When we get to the Hinduism section in a World Religions class I teach, I take the group to a weeknight prayer service at a local Hindu Temple. Actually, there are two Hindu Temples on opposite ends of this same street. It used to be a Baptist church on every corner in these small southern towns . . .

When we go there we are out of our element; we are in a foreign land; we experience a different language, different liturgy, different theology; different sights, sounds, and smells. We are guests. And our gracious hosts do not neglect to show hospitality to this bunch of strangers.
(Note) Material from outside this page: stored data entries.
//! A whole run: the lines of a source are answered, and the replies and the report go to a sink.
ghost use Rattle.std.specs.Prelude.{◌≡◌, ℕ, ◌≤◌, ◌+◌, ◌++◌, ◌∷◌, List, [], length, IfErr, OnOk, Some};
ghost use Rattle.line_grammar.specs.Writing.{spaced_number};
ghost use Rattle.line_program.specs.Script.{IsTaken};
ghost use Rattle.line_program.specs.Ports.{ports_of};
ghost use Rattle.line_program.specs.Progress.{Start, At, Closed, Fails};
ghost use Rattle.line_program.specs.Outcome.{RunEnds, Yields, BadAt, LargeAt, bad_line, large_line, code_of, status_after};

use super::machine::LineMachine;
use super::status::Status;
use super::stream::{Ended, LineStream, take_all};
use job_values::NoMemory;
use line_grammar::{write_byte, write_number, write_word};
use outside::{Sink, Source, write_whole};
use std::alloc::Global;

/// Puts a space and a number behind the buffer.
fn push_number(out: &mut Vec<u8>, number: u64) -> Result<(), NoMemory>
    ensures { OnOk result (out.new.items ≡ out.old.items ++ spaced_number number) }
{
    write_byte(out, b' ')?;
    write_number(out, number)
}

/// Puts the line that tells a line that is none behind the buffer.
fn push_bad(out: &mut Vec<u8>, line: usize, column: u32) -> Result<(), NoMemory>
    ensures { OnOk result (out.new.items ≡ out.old.items ++ bad_line line column) }
{
    write_word(out, "bad line")?;
    push_number(out, line as u64)?;
    push_number(out, u64::from(column))?;
    write_byte(out, b'\n')
}

/// Puts the line that tells a line past a limit behind the buffer.
fn push_large(out: &mut Vec<u8>, line: usize) -> Result<(), NoMemory>
    ensures { OnOk result (out.new.items ≡ out.old.items ++ large_line line) }
{
    write_word(out, "too large")?;
    push_number(out, line as u64)?;
    write_byte(out, b'\n')
}

/// Writes what is buffered and the report.
fn end_with_report<M: LineMachine, O: Sink>(
    alloc: Global,
    stream: &mut LineStream<M>,
    sink: &mut O,
) -> Result<(), Ended>
    ensures ok { OnOk result ((start : Start M.Settings) (whole : List ℕ) → At M.play start (O.taken sink.old) stream.old whole →
        Closed M.play start (O.taken sink.new) whole (λ settings events. (M.play.meaning settings).report events)) }
    ensures err { IfErr result (Fails M.play (λ settings events. (M.play.meaning settings).report events) (O.taken sink.old) (O.taken sink.new) (O.faults sink.old) (O.faults sink.new) stream.old) }
    ensures wrote { O.faults sink.old ≤ O.faults sink.new }
{
    match stream.machine.report(alloc, stream.lines, &mut stream.out) {
        Ok(()) => {}
        Err(_) => return Err(Ended::Memory),
    }
    match write_whole(sink, stream.out.as_slice()) {
        Ok(()) => Ok(()),
        Err(_) => Err(Ended::Sink),
    }
}

/// Writes what is buffered and the place of a bad line.
fn end_with_bad<M: LineMachine, O: Sink>(
    stream: &mut LineStream<M>,
    column: u32,
    sink: &mut O,
) -> Result<(), Ended>
    ensures ok { OnOk result ((start : Start M.Settings) (whole : List ℕ) → At M.play start (O.taken sink.old) stream.old whole →
        Closed M.play start (O.taken sink.new) whole (λ _ events. bad_line (length events + 1) column)) }
    ensures err { IfErr result (Fails M.play (λ _ events. bad_line (length events + 1) column) (O.taken sink.old) (O.taken sink.new) (O.faults sink.old) (O.faults sink.new) stream.old) }
    ensures wrote { O.faults sink.old ≤ O.faults sink.new }
{
    let line = stream.lines.saturating_add(1);
    match push_bad(&mut stream.out, line, column) {
        Ok(()) => {}
        Err(_) => return Err(Ended::Memory),
    }
    match write_whole(sink, stream.out.as_slice()) {
        Ok(()) => Ok(()),
        Err(_) => Err(Ended::Sink),
    }
}

/// Writes what is buffered and the number of a line past a limit.
fn end_with_large<M: LineMachine, O: Sink>(
    stream: &mut LineStream<M>,
    sink: &mut O,
) -> Result<(), Ended>
    ensures ok { OnOk result ((start : Start M.Settings) (whole : List ℕ) → At M.play start (O.taken sink.old) stream.old whole →
        Closed M.play start (O.taken sink.new) whole (λ _ events. large_line (length events + 1))) }
    ensures err { IfErr result (Fails M.play (λ _ events. large_line (length events + 1)) (O.taken sink.old) (O.taken sink.new) (O.faults sink.old) (O.faults sink.new) stream.old) }
    ensures wrote { O.faults sink.old ≤ O.faults sink.new }
{
    let line = stream.lines.saturating_add(1);
    match push_large(&mut stream.out, line) {
        Ok(()) => {}
        Err(_) => return Err(Ended::Memory),
    }
    match write_whole(sink, stream.out.as_slice()) {
        Ok(()) => Ok(()),
        Err(_) => Err(Ended::Sink),
    }
}

/// The status of a run whose last text was written, or failed to be.
fn status_of(ended: Result<(), Ended>, written: Status) -> Status
    ensures { result ≡ status_after ended written }
{
    match ended {
        Ok(()) => written,
        Err(Ended::Sink) => Status::SinkFailed,
        Err(_) => Status::NoMemory,
    }
}

/// Answers the lines of a source one after another: reads each, acts it, writes its reply, and the
/// report behind the last. It stops at the first line that is none or past a limit, and tells it.
pub fn run_lines<M: LineMachine, S: Source, O: Sink>(
    alloc: Global,
    machine: M,
    source: &mut S,
    sink: &mut O,
) -> Status
    // The status says how the run ended, what was read and what was written.
    ensures ends { (settings : M.Settings) → M.play.stands settings machine [] →
        RunEnds (M.play.meaning settings)
        (ports_of (S.left source.old) (O.taken sink.old) (S.faults source.old) (O.faults sink.old))
        (ports_of (S.left source.new) (O.taken sink.new) (S.faults source.new) (O.faults sink.new)) result }
    // Lines within the limits give Done, one within the limits that is none BadLine, a line or an input
    // past its limit TooLarge, unless the source or the sink fails or memory runs out.
    ensures taken { (settings : M.Settings) (events : List M.Event) (input : List ℕ) → M.play.stands settings machine [] →
        S.left source.old ≡ Some input → IsTaken (M.play.meaning settings) 0 events input → Yields 0 (code_of result) }
    ensures bad { (settings : M.Settings) (events : List M.Event) (input : List ℕ) (column : ℕ) → M.play.stands settings machine [] →
        S.left source.old ≡ Some input → BadAt (M.play.meaning settings) events input column → Yields 1 (code_of result) }
    ensures large { (settings : M.Settings) (events : List M.Event) (input : List ℕ) → M.play.stands settings machine [] →
        S.left source.old ≡ Some input → LargeAt (M.play.meaning settings) events input → Yields 6 (code_of result) }
    ensures read { S.faults source.old ≤ S.faults source.new }
    ensures wrote { O.faults sink.old ≤ O.faults sink.new }
{
    run(alloc, machine, source, sink)
}

fn run<M: LineMachine, S: Source, O: Sink>(
    alloc: Global,
    machine: M,
    source: &mut S,
    sink: &mut O,
) -> Status
    ensures ends { (settings : M.Settings) → M.play.stands settings machine [] →
        RunEnds (M.play.meaning settings)
        (ports_of (S.left source.old) (O.taken sink.old) (S.faults source.old) (O.faults sink.old))
        (ports_of (S.left source.new) (O.taken sink.new) (S.faults source.new) (O.faults sink.new)) result }
    ensures read { S.faults source.old ≤ S.faults source.new }
    ensures wrote { O.faults sink.old ≤ O.faults sink.new }
{
    let mut stream = LineStream {
        machine,
        out: Vec::new(alloc),
        lines: 0,
        size: 0,
    };
    match take_all(alloc, &mut stream, source, sink) {
        Ok(()) => status_of(end_with_report(alloc, &mut stream, sink), Status::Done),
        Err(Ended::Bad(column)) => {
            status_of(end_with_bad(&mut stream, column, sink), Status::BadLine)
        }
        Err(Ended::TooLarge) => status_of(end_with_large(&mut stream, sink), Status::TooLarge),
        Err(Ended::Source) => Status::SourceFailed,
        Err(Ended::Sink) => Status::SinkFailed,
        Err(Ended::Memory) => Status::NoMemory,
    }
}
But it’s hard to be the guests!

When we share the Lord’s Supper we are guests at the Lord’s table. Christ is the host. We receive but we cannot repay. And in this mutual sharing, where Jesus the host feeds us with his own body and blood, we offer ourselves in praise and thanksgiving as a holy and living sacrifice; the "sacrifice of praise to God, that is, the fruit of lips that confess his name" (Heb. 13:15).

And there is humility in this. We are once again brought “low to the ground”--brought into the presence of the source of our lives and the source of all that is. The bread and wine that we consume may or may not have been produced locally, but in the Eucharist we know where our food comes from: from the one who is the same yesterday and today and forever. The one who invites us to share the abundance of life in him with prisoners and those being tortured; with the poor, the crippled, the lame, and the blind. The one who promises that when we do this--when we practice mutual love--we will be blessed, and we will be changed.